WHAT IS REQUIRED: From the records below, extract only the lines running from the line with "pub struct Facts<'a>" to the line with "fn number_of(lattice: &Lattice, b: BlockId)", both lines included, reproducing them exactly.

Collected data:
···
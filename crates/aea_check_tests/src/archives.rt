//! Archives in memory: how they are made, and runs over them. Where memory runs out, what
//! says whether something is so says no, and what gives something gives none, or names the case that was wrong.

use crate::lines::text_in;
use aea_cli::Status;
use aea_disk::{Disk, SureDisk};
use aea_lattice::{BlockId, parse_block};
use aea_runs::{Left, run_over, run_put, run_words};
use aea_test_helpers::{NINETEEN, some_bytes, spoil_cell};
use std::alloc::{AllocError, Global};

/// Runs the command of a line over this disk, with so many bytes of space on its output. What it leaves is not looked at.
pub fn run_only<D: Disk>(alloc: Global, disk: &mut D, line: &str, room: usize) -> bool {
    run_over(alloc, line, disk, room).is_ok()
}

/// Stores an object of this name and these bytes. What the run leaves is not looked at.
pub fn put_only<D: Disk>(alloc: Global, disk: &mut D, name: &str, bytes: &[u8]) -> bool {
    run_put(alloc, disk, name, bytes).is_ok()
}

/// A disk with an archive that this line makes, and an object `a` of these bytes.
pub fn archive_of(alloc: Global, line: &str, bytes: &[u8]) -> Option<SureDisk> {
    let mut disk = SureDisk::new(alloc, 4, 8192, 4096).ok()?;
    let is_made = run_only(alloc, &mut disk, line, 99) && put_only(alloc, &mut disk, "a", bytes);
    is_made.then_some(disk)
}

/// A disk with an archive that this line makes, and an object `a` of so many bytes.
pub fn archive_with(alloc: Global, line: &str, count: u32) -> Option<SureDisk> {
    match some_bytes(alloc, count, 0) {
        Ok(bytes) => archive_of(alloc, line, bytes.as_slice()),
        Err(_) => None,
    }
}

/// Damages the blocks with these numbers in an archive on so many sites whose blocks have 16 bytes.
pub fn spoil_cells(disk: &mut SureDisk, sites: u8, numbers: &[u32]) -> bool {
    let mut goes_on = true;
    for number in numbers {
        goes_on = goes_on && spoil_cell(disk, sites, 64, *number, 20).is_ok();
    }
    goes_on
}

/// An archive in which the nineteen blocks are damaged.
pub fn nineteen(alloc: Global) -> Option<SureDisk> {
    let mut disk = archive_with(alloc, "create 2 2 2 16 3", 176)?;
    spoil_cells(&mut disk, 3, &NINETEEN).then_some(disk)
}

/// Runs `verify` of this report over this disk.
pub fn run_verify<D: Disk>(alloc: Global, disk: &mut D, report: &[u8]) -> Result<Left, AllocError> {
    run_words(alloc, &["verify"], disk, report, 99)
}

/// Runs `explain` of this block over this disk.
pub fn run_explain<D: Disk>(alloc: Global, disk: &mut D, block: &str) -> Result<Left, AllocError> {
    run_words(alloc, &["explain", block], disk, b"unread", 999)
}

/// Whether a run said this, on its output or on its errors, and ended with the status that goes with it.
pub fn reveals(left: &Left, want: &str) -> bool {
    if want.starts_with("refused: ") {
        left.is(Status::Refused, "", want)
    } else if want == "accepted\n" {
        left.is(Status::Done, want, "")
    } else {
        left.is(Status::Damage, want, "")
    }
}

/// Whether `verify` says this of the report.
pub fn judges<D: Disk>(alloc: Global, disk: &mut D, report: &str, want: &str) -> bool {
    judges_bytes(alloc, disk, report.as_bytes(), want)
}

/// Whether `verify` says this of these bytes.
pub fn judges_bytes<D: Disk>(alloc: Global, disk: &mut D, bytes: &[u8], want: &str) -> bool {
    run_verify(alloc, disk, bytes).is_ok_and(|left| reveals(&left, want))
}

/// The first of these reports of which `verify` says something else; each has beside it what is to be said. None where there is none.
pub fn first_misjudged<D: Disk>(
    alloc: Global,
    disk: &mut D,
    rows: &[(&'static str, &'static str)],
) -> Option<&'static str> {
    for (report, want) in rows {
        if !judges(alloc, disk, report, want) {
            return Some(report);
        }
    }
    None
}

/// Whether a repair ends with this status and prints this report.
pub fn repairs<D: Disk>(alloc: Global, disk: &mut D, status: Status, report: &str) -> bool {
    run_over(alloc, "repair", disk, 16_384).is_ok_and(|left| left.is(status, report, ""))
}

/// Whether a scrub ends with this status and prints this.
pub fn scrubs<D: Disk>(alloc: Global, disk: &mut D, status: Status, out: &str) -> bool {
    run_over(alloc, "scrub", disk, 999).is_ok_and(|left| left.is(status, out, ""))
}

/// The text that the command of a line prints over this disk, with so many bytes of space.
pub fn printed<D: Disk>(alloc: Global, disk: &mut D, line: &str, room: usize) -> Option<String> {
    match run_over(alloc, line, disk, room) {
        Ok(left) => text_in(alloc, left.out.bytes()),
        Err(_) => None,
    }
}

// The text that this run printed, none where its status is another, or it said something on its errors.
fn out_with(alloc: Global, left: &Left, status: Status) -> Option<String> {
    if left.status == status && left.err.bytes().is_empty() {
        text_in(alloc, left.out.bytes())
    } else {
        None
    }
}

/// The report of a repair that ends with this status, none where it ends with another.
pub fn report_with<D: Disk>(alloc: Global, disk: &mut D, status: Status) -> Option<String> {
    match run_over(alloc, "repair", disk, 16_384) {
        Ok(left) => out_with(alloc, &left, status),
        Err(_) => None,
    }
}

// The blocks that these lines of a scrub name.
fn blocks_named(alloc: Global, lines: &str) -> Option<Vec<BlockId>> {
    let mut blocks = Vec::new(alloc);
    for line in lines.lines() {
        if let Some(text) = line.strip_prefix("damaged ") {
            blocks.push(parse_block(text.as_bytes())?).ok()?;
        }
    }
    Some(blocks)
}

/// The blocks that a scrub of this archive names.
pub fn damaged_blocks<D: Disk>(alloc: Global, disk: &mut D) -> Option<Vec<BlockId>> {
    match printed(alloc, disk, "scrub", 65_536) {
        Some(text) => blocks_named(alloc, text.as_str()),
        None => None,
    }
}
···
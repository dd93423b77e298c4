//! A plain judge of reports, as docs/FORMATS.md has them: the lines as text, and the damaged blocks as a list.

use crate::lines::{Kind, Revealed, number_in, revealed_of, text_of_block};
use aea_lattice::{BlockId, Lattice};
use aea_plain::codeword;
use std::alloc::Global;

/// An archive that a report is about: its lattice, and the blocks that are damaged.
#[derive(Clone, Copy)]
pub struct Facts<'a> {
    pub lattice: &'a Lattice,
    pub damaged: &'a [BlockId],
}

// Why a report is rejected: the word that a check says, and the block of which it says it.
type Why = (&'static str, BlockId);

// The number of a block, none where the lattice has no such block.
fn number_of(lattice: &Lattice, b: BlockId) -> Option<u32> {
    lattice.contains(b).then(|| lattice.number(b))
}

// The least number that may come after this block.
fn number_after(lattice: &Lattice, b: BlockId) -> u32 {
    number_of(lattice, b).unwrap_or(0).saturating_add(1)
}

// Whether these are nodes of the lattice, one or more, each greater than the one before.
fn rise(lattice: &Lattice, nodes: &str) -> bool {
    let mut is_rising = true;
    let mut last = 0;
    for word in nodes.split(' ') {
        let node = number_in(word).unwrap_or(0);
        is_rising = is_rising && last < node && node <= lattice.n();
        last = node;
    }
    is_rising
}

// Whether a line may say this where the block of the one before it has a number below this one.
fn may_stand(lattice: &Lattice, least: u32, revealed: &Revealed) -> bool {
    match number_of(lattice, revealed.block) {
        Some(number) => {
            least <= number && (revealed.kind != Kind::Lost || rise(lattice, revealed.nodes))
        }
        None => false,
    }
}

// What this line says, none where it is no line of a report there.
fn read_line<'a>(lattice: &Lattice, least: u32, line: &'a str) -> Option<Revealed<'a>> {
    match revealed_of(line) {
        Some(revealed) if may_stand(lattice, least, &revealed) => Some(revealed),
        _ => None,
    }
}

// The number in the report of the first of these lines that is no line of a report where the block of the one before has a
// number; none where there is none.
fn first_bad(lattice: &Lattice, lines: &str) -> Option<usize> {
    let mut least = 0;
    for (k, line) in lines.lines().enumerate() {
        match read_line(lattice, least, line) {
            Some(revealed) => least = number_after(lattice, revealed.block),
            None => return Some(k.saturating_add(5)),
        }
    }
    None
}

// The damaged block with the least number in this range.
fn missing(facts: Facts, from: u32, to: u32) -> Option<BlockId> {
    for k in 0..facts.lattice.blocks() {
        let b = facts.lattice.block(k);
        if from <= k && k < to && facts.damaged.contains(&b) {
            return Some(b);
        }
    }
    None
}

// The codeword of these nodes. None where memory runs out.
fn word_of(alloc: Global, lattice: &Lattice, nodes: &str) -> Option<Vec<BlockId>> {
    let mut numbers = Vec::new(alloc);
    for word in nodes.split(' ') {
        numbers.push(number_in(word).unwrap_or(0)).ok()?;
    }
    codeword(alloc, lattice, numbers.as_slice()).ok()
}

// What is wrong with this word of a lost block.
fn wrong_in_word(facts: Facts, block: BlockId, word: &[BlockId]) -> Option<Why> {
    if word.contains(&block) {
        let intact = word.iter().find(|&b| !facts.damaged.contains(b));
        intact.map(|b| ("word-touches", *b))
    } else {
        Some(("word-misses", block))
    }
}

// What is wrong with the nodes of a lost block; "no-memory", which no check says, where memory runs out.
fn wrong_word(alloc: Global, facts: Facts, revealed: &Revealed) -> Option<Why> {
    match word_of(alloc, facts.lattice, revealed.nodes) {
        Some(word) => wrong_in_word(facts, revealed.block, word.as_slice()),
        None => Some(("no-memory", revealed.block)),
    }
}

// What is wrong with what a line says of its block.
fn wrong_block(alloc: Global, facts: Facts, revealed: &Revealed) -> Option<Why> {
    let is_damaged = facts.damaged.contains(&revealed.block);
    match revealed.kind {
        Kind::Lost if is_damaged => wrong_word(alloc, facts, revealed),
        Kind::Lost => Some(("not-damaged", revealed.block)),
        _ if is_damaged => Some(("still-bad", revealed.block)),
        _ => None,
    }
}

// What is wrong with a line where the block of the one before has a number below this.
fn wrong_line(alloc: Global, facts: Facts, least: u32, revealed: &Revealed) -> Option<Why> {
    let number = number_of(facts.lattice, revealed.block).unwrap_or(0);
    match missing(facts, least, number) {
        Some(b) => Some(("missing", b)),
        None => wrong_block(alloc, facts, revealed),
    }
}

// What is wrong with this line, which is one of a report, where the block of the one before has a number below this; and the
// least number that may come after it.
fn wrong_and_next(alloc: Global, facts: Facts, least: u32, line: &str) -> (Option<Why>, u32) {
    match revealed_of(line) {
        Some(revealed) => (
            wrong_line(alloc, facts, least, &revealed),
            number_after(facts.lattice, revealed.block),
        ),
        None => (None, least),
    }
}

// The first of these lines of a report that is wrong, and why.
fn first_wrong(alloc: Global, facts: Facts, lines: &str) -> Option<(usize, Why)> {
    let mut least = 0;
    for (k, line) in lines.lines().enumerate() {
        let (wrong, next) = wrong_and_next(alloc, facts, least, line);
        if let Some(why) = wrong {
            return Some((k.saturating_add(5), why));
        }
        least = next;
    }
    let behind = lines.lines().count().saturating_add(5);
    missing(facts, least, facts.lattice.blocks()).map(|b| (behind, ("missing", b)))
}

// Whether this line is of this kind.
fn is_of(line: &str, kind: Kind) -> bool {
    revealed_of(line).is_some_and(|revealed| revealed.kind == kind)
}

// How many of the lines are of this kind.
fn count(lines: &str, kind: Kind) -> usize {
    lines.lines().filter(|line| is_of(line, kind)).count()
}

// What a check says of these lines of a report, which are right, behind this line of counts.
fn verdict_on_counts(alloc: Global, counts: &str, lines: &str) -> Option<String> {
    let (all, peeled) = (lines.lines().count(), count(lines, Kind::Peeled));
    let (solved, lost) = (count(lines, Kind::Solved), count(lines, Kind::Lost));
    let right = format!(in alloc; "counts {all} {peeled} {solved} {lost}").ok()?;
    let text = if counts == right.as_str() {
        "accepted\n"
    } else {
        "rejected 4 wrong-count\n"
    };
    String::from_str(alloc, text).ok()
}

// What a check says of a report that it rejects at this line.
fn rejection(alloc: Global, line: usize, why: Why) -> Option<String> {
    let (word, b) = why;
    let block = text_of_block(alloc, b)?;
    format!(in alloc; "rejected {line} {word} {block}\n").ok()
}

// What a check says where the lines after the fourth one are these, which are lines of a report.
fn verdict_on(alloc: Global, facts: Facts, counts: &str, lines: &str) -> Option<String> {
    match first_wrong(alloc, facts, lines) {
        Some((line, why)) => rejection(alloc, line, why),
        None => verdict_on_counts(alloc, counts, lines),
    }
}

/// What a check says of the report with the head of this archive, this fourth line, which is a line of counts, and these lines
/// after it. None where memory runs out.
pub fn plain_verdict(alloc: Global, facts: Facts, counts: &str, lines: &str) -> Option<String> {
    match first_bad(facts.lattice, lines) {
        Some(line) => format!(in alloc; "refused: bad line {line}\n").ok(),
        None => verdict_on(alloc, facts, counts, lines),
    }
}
···
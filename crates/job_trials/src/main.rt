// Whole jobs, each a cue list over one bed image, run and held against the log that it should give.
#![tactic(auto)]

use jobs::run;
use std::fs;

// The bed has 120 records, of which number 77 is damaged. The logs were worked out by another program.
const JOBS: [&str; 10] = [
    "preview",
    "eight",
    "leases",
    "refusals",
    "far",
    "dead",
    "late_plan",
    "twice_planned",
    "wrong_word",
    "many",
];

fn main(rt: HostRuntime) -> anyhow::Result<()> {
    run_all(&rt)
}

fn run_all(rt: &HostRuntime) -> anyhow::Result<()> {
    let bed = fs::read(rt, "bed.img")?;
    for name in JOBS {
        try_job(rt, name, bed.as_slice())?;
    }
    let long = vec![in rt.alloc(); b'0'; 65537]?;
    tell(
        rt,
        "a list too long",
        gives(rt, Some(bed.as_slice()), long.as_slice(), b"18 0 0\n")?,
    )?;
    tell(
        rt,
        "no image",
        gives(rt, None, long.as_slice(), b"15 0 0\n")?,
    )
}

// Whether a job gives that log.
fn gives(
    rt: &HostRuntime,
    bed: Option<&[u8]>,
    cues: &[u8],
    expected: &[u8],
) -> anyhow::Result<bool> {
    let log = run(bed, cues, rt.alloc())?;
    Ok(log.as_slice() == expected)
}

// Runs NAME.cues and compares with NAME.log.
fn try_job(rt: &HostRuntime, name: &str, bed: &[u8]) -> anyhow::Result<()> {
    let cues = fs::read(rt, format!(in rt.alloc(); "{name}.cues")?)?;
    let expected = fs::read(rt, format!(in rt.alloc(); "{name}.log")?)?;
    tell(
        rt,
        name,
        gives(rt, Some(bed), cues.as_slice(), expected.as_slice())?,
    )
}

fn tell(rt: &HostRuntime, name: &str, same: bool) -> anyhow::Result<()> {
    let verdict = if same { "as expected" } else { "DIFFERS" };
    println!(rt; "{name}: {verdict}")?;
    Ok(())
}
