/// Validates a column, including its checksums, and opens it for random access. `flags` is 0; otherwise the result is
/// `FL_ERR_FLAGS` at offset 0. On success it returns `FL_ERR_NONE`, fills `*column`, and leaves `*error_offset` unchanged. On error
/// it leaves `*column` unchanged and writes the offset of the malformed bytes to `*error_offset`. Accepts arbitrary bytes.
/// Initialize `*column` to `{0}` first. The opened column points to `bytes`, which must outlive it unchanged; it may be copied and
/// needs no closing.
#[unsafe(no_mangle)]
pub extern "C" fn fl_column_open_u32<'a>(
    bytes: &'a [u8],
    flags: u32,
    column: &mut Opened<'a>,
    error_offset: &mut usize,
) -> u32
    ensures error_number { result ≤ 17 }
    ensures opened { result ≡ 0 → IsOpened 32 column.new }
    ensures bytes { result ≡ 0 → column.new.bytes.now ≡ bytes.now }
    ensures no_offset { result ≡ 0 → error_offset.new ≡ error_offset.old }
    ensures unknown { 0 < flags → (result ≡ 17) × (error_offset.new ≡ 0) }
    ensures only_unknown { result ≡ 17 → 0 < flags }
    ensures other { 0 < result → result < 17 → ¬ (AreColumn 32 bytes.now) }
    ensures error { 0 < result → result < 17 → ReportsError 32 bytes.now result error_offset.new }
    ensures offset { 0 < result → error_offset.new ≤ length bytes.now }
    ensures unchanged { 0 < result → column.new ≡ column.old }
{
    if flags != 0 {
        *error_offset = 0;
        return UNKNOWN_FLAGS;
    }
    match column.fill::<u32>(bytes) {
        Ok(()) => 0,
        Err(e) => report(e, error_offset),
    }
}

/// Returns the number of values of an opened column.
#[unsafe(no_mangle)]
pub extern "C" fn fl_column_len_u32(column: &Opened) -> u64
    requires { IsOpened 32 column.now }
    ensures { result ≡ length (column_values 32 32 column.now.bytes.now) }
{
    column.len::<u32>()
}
···
RESPONSE FOR THIS EXERCISE:
pub struct Facts<'a> {
    pub lattice: &'a Lattice,
    pub damaged: &'a [BlockId],
}

// Why a report is rejected: the word that a check says, and the block of which it says it.
type Why = (&'static str, BlockId);

// The number of a block, none where the lattice has no such block.
fn number_of(lattice: &Lattice, b: BlockId) -> Option<u32> {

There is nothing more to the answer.